How to complete this task:
Working from the top of the records below, reproduce each line exactly, ending once you have written the line containing "pub const MOST_NODES: u32 = 100_000;".

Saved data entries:
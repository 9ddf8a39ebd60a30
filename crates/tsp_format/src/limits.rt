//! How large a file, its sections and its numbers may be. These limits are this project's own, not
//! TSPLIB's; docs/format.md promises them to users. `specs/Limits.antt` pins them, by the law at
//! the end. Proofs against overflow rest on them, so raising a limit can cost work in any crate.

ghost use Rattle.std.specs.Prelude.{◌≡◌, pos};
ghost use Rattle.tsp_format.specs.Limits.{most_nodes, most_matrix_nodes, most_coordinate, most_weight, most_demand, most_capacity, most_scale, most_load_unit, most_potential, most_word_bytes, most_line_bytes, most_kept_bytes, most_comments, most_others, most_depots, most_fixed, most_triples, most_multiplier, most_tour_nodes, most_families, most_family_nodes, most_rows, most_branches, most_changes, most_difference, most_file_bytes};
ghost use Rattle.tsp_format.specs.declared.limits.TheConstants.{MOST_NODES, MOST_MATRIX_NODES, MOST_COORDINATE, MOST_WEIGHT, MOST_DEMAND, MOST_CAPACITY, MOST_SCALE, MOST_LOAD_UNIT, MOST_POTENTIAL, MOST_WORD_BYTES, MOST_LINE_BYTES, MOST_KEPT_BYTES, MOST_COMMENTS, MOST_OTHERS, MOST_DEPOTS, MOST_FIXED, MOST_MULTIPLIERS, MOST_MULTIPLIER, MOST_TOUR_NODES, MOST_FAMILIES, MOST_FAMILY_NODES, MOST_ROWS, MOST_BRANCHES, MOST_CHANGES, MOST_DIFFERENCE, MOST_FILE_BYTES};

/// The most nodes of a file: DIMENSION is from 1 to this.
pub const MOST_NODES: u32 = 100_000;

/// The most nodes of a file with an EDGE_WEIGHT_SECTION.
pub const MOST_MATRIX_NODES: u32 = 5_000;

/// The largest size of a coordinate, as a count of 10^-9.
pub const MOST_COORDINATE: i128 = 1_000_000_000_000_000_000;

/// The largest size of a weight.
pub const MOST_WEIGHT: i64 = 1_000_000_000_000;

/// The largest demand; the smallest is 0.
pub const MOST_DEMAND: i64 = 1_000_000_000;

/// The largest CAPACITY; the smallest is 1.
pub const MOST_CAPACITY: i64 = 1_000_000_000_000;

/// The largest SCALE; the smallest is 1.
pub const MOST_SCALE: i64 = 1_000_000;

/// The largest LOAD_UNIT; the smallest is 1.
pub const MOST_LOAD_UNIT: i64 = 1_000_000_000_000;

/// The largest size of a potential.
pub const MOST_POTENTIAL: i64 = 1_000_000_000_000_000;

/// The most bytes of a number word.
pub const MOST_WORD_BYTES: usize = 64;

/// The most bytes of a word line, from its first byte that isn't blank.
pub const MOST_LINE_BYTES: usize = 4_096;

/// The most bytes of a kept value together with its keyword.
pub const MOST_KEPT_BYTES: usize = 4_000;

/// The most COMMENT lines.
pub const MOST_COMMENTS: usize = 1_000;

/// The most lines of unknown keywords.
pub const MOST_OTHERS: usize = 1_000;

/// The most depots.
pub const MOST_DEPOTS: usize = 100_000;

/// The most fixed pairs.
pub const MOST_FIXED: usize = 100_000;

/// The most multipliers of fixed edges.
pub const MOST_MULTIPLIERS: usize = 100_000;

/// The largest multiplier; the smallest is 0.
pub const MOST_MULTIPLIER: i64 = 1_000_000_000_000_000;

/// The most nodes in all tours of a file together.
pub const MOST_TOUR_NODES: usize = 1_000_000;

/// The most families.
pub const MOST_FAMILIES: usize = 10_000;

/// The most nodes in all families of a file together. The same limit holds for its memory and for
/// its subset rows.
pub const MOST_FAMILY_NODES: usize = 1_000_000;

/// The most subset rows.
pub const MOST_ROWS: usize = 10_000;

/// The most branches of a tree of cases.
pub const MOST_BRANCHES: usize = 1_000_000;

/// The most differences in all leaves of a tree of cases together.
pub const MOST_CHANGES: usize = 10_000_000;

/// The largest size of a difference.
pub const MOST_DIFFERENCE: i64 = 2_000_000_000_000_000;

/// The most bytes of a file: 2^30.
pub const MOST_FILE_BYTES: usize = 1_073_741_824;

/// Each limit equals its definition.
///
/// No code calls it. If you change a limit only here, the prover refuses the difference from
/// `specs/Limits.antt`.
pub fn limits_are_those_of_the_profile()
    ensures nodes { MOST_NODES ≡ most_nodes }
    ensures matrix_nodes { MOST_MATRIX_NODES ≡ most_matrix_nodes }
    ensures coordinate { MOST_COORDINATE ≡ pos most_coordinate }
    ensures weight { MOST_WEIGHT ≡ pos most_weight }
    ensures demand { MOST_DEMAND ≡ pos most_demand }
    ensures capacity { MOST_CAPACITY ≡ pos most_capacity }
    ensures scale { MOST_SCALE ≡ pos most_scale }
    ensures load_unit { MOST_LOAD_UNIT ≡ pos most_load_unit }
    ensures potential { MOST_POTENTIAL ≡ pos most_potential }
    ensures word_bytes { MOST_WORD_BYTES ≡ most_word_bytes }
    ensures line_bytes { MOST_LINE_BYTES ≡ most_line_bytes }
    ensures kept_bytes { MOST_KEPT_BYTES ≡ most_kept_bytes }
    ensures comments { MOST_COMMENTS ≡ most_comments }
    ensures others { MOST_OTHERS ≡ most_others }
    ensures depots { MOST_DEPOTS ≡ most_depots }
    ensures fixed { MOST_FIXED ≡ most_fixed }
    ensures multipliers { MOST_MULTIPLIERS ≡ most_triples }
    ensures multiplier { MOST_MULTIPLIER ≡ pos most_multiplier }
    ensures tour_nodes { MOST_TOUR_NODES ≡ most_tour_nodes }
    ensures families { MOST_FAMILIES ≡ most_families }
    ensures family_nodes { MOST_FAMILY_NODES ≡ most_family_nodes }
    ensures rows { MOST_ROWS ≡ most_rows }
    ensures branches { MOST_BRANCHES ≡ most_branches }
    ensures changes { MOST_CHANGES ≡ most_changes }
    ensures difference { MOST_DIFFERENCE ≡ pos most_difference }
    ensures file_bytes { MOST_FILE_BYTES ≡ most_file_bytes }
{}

Answer space:
repository 9ddf8a39ebd60a30
filename crates/tsp_format/src/limits.rt
//! How large a file, its sections and its numbers may be. These limits are this project's own, not
//! TSPLIB's; docs/format.md promises them to users. `specs/Limits.antt` pins them, by the law at
//! the end. Proofs against overflow rest on them, so raising a limit can cost work in any crate.

ghost use Rattle.std.specs.Prelude.{◌≡◌, pos};
ghost use Rattle.tsp_format.specs.Limits.{most_nodes, most_matrix_nodes, most_coordinate, most_weight, most_demand, most_capacity, most_scale, most_load_unit, most_potential, most_word_bytes, most_line_bytes, most_kept_bytes, most_comments, most_others, most_depots, most_fixed, most_triples, most_multiplier, most_tour_nodes, most_families, most_family_nodes, most_rows, most_branches, most_changes, most_difference, most_file_bytes};
ghost use Rattle.tsp_format.specs.declared.limits.TheConstants.{MOST_NODES, MOST_MATRIX_NODES, MOST_COORDINATE, MOST_WEIGHT, MOST_DEMAND, MOST_CAPACITY, MOST_SCALE, MOST_LOAD_UNIT, MOST_POTENTIAL, MOST_WORD_BYTES, MOST_LINE_BYTES, MOST_KEPT_BYTES, MOST_COMMENTS, MOST_OTHERS, MOST_DEPOTS, MOST_FIXED, MOST_MULTIPLIERS, MOST_MULTIPLIER, MOST_TOUR_NODES, MOST_FAMILIES, MOST_FAMILY_NODES, MOST_ROWS, MOST_BRANCHES, MOST_CHANGES, MOST_DIFFERENCE, MOST_FILE_BYTES};

/// The most nodes of a file: DIMENSION is from 1 to this.
pub const MOST_NODES: u32 = 100_000;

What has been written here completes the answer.